From the line with "pub fn new(alloc: Global) -> Named" through the line with "impl<R: Ring, B: IoBufMut", repeat the entries verbatim, both end lines included, and add nothing.

Collected data:
________

//! What a turn of the driver does: it treats the completions that are ready, in order.
ghost use Rattle.std.specs.Prelude.{◌≡◌, ◌≤◌, ◌<◌, ◌+◌, ◌++◌, ◌||◌, ◌∷◌, ℕ, [], Some, IsTrue, IfOk, IfErr, option_to_list};
ghost use Rattle.std.specs.Prelude.{length, vec_len, vec_capacity};
ghost use Rattle.ring_core.specs.Entry.{target};
ghost use Rattle.driver_core.specs.Slot.{KeepsNumbers};
ghost use Rattle.driver_core.specs.Requests.{KeepsRequests};
ghost use Rattle.uring_driver.specs.State.{IsSound, AreHolding};
ghost use Rattle.uring_driver.specs.Holding.{places};
ghost use Rattle.uring_driver.specs.Making.{refuses_made};
ghost use Rattle.uring_driver.specs.Op.{ops_in};
ghost use Rattle.uring_driver.specs.Reap.{HasRoom, treat_one};
ghost use Rattle.uring_driver.specs.Reaps.{Treats, PostsAll, Reaps, ReapsAll, midway};
ghost use Rattle.uring_driver.specs.Uring.{ring_in};
ghost use Rattle.uring_driver.specs.Begun.{HasBegun, CannotBegin, EndsTurn, HasTreated, is_at_hand, why_stopped};

use crate::holding::Handles;
use crate::submissions::Submissions;
use crate::uring::IoUringDriver;
use crate::uring::leave::end_op;
use driver_core::{Operations, Stop, Turned};
use machine::Completion;
use rent_buf::{IoBufMut, NumList, OutOfMemory};
use ring_core::{Ring, Target};
use std::alloc::Global;
use std::mem;

/// Whom a turn named so far, in the order of the completions.
#[derive(Drop)]
pub struct Named {
    /// The operations whose completions were treated, by their numbers.
    pub reaped: Vec<u64>,
    /// The handles whose closes were treated.
    pub closed: Vec<u64>,
    /// The tasks to wake.
    pub woken: Vec<u64>,
}

impl Named {
    /// Nobody. It takes no memory.
    pub fn new(alloc: Global) -> Named
        ensures reaped { result.reaped.items ≡ [] }
        ensures closed { result.closed.items ≡ [] }
        ensures woken { result.woken.items ≡ [] }
    {
        Named {
            reaped: Vec::new(alloc),
            closed: Vec::new(alloc),
            woken: Vec::new(alloc),
        }
    }
}

/// A turn that was begun: it has named nobody, and has room for all that it may name.
pub struct Begun {
    /// Nobody, with that room.
    pub named: Named,
    /// The ring was busy.
    pub busy: bool,
}

impl<R: Ring, B: IoBufMut + Drop> IoUringDriver<R, B> {
    // Begins a turn: makes room for as many numbers as are ready, queued, due and to come, enters what is due and what is queued, and has
    // the ring show what came by itself. It takes the memory that earlier turns left, and only what is missing anew. A ring that is busy
    // doesn't end the turn.
    pub(crate) fn begin_turn(&mut self) -> Result<Begun, Stop>
        ensures ok { IfOk result (HasBegun R.view R.tells R.steady self.old self.new) }
        ensures err { IfErr result (CannotBegin R.view R.tells R.steady self.old self.new) }
    {
        let Some(count) = self.ring.expected() else {
            return Err(Stop::OutOfMemory);
        };
        let Ok(named) = nobody(&mut self.spare, self.alloc, count) else {
            return Err(Stop::OutOfMemory);
        };
        let Some(busy) = self.ring.arrive() else {
            let _ = keep_empty(&mut self.spare, named);
            return Err(Stop::RingFault);
        };
        Ok(Begun { named, busy })
    }

    // A turn that was begun needn't wait: a completion is ready, or the ring was busy.
    pub(crate) fn is_ready(&self, begun: &Begun) -> bool
        ensures { result ≡ is_at_hand R.view self.now begun.now }
    {
        begun.busy || self.ring.ready() > 0
    }

    // Ends a turn: treats the completions that are ready, in order. The lists that name nobody stay with the driver.
    pub(crate) fn end_turn(&mut self, begun: Begun) -> Turned
        requires { HasRoom begun.named (length (R.view (ring_in self.old)).done) }
        ensures requests { KeepsRequests (ops_in self.old) (ops_in self.new) }
        ensures meets { EndsTurn R.view B.buffer R.tells R.steady self.old begun self.new result }
        ensures treated { HasTreated result.stop }
    {
        let Begun { mut named, busy } = begun;
        let bad = reap_all(&mut self.ring, &mut self.ops, &mut self.handles, &mut named);
        let named = keep_empty(&mut self.spare, named);
        turned(named, stop_of(busy, bad))
    }

    // What allocates its memory.
    pub(crate) fn alloc(&self) -> Global {
        self.alloc
    }

    // Ends a turn that can't begin.
    pub(crate) fn stop(&self, stop: Stop) -> Turned
        ensures reaped { result.reaped ≡ [] }
        ensures closed { result.closed ≡ [] }
        ensures woken { result.woken ≡ [] }
        ensures stop { result.stop ≡ Some stop }
    {
        turned(Named::new(self.alloc), Some(stop))
    }
}

// Takes the first completion off, and treats it. It answers the word of a stray one.
fn reap_one<R: Ring, B: Drop>(
    ring: &mut Submissions<R>,
    ops: &mut Operations<B>,
    handles: &mut Handles,
    named: &mut Named,
) -> Option<u64>
    requires some { 0 < length (R.view ring.old.ring).done }
    requires room { HasRoom named.old 1 }
    requires sound { IsSound ring.old.room ops.old.slots.values (places handles.old) }
    requires holding { AreHolding handles.old ops.old.slots.values ops.old.given }
    ensures reaps { Reaps R.view R.tells R.steady
        (midway ring.old ops.old handles.old) (midway ring.new ops.new handles.new) named.old named.new 1 result }
    ensures none_due { IsTrue R.steady → ring.old.due ≡ [] → ring.new.due ≡ [] }
    ensures room { (count : ℕ) → HasRoom named.old (count + 1) → HasRoom named.new count }
    ensures numbers { KeepsNumbers ops.old.slots.values ops.new.slots.values }
    ensures requests { KeepsRequests ops.old ops.new }
    ensures given { ops.new.given ≡ ops.old.given }
    ensures sound { IsSound ring.new.room ops.new.slots.values (places handles.new) }
    ensures holding { AreHolding handles.new ops.new.slots.values ops.new.given }
{
    let Some(completion) = ring.next() else {
        unreachable!();
    };
    treat(ring, ops, handles, named, &completion)
}

// Treats a completion that was taken off: it completes its slot, or its close is reaped. Where the slot of a dropped operation goes, its
// handles are let go, and one that it made is closed. It answers the word of a stray one.
fn treat<R: Ring, B: Drop>(
    ring: &mut Submissions<R>,
    ops: &mut Operations<B>,
    handles: &mut Handles,
    named: &mut Named,
    completion: &Completion,
) -> Option<u64>
    requires room { HasRoom named.old 1 }
    requires sound { IsSound ring.old.room ops.old.slots.values (places handles.old) }
    requires holding { AreHolding handles.old ops.old.slots.values ops.old.given }
    ensures treats { Treats (treat_one (target completion.now.word) ops.old.slots.values handles.old completion.now)
        ops.new.slots.values handles.new named.old named.new result }
    ensures posts { PostsAll R.view R.tells R.steady ring.old ring.new
        (treat_one (target completion.now.word) ops.old.slots.values handles.old completion.now).queued }
    ensures none_due { IsTrue R.steady → ring.old.due ≡ [] → ring.new.due ≡ [] }
    ensures room { (count : ℕ) → HasRoom named.old (count + 1) → HasRoom named.new count }
    ensures numbers { KeepsNumbers ops.old.slots.values ops.new.slots.values }
    ensures requests { KeepsRequests ops.old ops.new }
    ensures given { ops.new.given ≡ ops.old.given }
    ensures sound { IsSound ring.new.room ops.new.slots.values (places handles.new) }
    ensures holding { AreHolding handles.new ops.new.slots.values ops.new.given }
{
    match Target::of(completion.word) {
        Target::Reserved(_) => None,
        Target::Handle(h) => {
            if !handles.closed(h) {
                return Some(completion.word);
            }
            named.closed.push_reserved(h);
            None
        }
        Target::Slot(key) => treat_slot(ring, ops, handles, named, completion, key),
    }
}

// The same, of a completion of a slot: it is completed, and what its operation makes is kept or closed.
fn treat_slot<R: Ring, B: Drop>(
    ring: &mut Submissions<R>,
    ops: &mut Operations<B>,
    handles: &mut Handles,
    named: &mut Named,
    completion: &Completion,
    key: usize,
) -> Option<u64>
    requires word { key ≡ completion.now.word }
    requires room { HasRoom named.old 1 }
    requires sound { IsSound ring.old.room ops.old.slots.values (places handles.old) }
    requires holding { AreHolding handles.old ops.old.slots.values ops.old.given }
    ensures treats { Treats (treat_one (Target.Slot key) ops.old.slots.values handles.old completion.now)
        ops.new.slots.values handles.new named.old named.new result }
    ensures posts { PostsAll R.view R.tells R.steady ring.old ring.new
        (treat_one (Target.Slot key) ops.old.slots.values handles.old completion.now).queued }
    ensures none_due { IsTrue R.steady → ring.old.due ≡ [] → ring.new.due ≡ [] }
    ensures room { (count : ℕ) → HasRoom named.old (count + 1) → HasRoom named.new count }
    ensures numbers { KeepsNumbers ops.old.slots.values ops.new.slots.values }
    ensures requests { KeepsRequests ops.old ops.new }
    ensures given { ops.new.given ≡ ops.old.given }
    ensures sound { IsSound ring.new.room ops.new.slots.values (places handles.new) }
    ensures holding { AreHolding handles.new ops.new.slots.values ops.new.given }
{
    let names = ops.dropped_names(key);
    let maker = ops.is_maker(key);
    let dropped = ops.is_dropped(key);
    let made = completion.outcome.made();
    if refuses(handles, maker, made) {
        return Some(completion.word);
    }
    let Some((number, task)) = ops.complete(completion) else {
        return Some(completion.word);
    };
    note(named, number, task);
    end_op(ring, handles, names, maker, dropped, made);
    None
}

// What an operation names as made is refused: it may make no handle, or the handle can't be new.
fn refuses(handles: &Handles, maker: bool, made: Option<u64>) -> bool
    ensures { result ≡ refuses_made handles.now maker made }
{
    match made {
        None => false,
        Some(h) => !maker || handles.is_old(h),
    }
}

// Names an operation, and the task that is to be woken.
fn note(named: &mut Named, number: u64, task: Option<u64>)
    requires reaped { vec_len named.old.reaped < vec_capacity named.old.reaped }
    requires woken { vec_len named.old.woken < vec_capacity named.old.woken }
    ensures reaped { named.new.reaped.items ≡ named.old.reaped.items ++ number ∷ [] }
    ensures closed { named.new.closed ≡ named.old.closed }
    ensures woken { named.new.woken.items ≡ named.old.woken.items ++ option_to_list task }
    ensures reaped_room { (vec_len named.new.reaped ≤ vec_len named.old.reaped + 1) ×
        (vec_capacity named.new.reaped ≡ vec_capacity named.old.reaped) }
    ensures woken_room { (vec_len named.new.woken ≤ vec_len named.old.woken + 1) ×
        (vec_capacity named.new.woken ≡ vec_capacity named.old.woken) }
{
    named.reaped.push_reserved(number);
    match task {
        None => {}
        Some(task) => named.woken.push_reserved(task),
    }
}

/// Treats the completions that are ready when it is called, in order. It ends early at a stray one, and answers its word.
pub fn reap_all<R: Ring, B: Drop>(
    ring: &mut Submissions<R>,
    ops: &mut Operations<B>,
    handles: &mut Handles,
    named: &mut Named,
) -> Option<u64>
    requires room { HasRoom named.old (length (R.view ring.old.ring).done) }
    requires sound { IsSound ring.old.room ops.old.slots.values (places handles.old) }
    requires holding { AreHolding handles.old ops.old.slots.values ops.old.given }
    ensures reaps { ReapsAll R.view R.tells R.steady
        (midway ring.old ops.old handles.old) (midway ring.new ops.new handles.new) named.old named.new result }
    ensures none_due { IsTrue R.steady → ring.old.due ≡ [] → ring.new.due ≡ [] }
    ensures numbers { KeepsNumbers ops.old.slots.values ops.new.slots.values }
    ensures requests { KeepsRequests ops.old ops.new }
    ensures given { ops.new.given ≡ ops.old.given }
    ensures sound { IsSound ring.new.room ops.new.slots.values (places handles.new) }
    ensures holding { AreHolding handles.new ops.new.slots.values ops.new.given }
{
    let ready = ring.ready();
    for i in 0..ready {
        if let Some(word) = reap_one(ring, ops, handles, named) {
            return Some(word);
        }
    }
    None
}

/// What a turn did, by whom it named.
pub fn turned(named: Named, stop: Option<Stop>) -> Turned
    ensures reaped { result.reaped ≡ named.reaped.items }
    ensures closed { result.closed ≡ named.closed.items }
    ensures woken { result.woken ≡ named.woken.items }
    ensures stop { result.stop ≡ stop }
{
    let Named {
        reaped,
        closed,
        woken,
    } = named;
    Turned {
        reaped: NumList::from_vec(reaped),
        closed: NumList::from_vec(closed),
        woken: NumList::from_vec(woken),
        stop,
    }
}

/// Why a turn stopped that treated what was ready: a bad completion, or else that the ring was busy.
pub fn stop_of(busy: bool, bad: Option<u64>) -> Option<Stop>
    ensures { result ≡ why_stopped bad busy }
{
    match bad {
        Some(word) => Some(Stop::BadCompletion(word)),
        None => { if busy { Some(Stop::Busy) } else { None } }
    }
}

/// Nobody, with room for `count` numbers in each list. It takes the memory of the spare lists, and only what is missing anew. For none it
/// leaves them.
pub fn nobody(spare: &mut Named, alloc: Global, count: usize) -> Result<Named, OutOfMemory>
    ensures reaped { IfOk result (λ named. named.reaped.items ≡ []) }
    ensures closed { IfOk result (λ named. named.closed.items ≡ []) }
    ensures woken { IfOk result (λ named. named.woken.items ≡ []) }
    ensures room { IfOk result (λ named. HasRoom named count) }
{
    if count == 0 {
        return Ok(Named::new(alloc));
    }
    let Named {
        reaped,
        closed,
        woken,
    } = mem::replace(spare, Named::new(alloc));
    Ok(Named {
        reaped: with_room(reaped, count)?,
        closed: with_room(closed, count)?,
        woken: with_room(woken, count)?,
    })
}

// A list that is emptied, with room for `count` numbers.
fn with_room(spare: Vec<u64>, count: usize) -> Result<Vec<u64>, OutOfMemory>
    ensures items { IfOk result (λ list. list.items ≡ []) }
    ensures room { IfOk result (λ list. vec_len list + count ≤ vec_capacity list) }
{
    let mut list = spare;
    list.clear();
    list.reserve(count)?;
    Ok(list)
}

/// Keeps the lists that name nobody as spare ones, and returns the others. In place of one that is kept it returns one without memory,
/// and one without memory isn't kept.
pub fn keep_empty(spare: &mut Named, named: Named) -> Named
    ensures reaped { result.reaped.items ≡ named.reaped.items }
    ensures closed { result.closed.items ≡ named.closed.items }
    ensures woken { result.woken.items ≡ named.woken.items }
{
    let Named {
        reaped,
        closed,
        woken,
    } = named;
    Named {
        reaped: keep_if_empty(&mut spare.reaped, reaped),
        closed: keep_if_empty(&mut spare.closed, closed),
        woken: keep_if_empty(&mut spare.woken, woken),
    }
}

// Keeps a list as the spare one if it is empty and has memory, and else returns it.
fn keep_if_empty(spare: &mut Vec<u64>, list: Vec<u64>) -> Vec<u64>
    ensures { result.items ≡ list.items }
{
    if !list.is_empty() || list.capacity() == 0 {
        return list;
    }
    let none = Vec::new(*list.allocator());
    *spare = list;
    none
}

________

== Result below ==
    pub fn new(alloc: Global) -> Named
        ensures reaped { result.reaped.items ≡ [] }
        ensures closed { result.closed.items ≡ [] }
        ensures woken { result.woken.items ≡ [] }
    {
        Named {
            reaped: Vec::new(alloc),
            closed: Vec::new(alloc),
            woken: Vec::new(alloc),
        }
    }
}

/// A turn that was begun: it has named nobody, and has room for all that it may name.
pub struct Begun {
    /// Nobody, with that room.
    pub named: Named,
    /// The ring was busy.
    pub busy: bool,
}

impl<R: Ring, B: IoBufMut + Drop> IoUringDriver<R, B> {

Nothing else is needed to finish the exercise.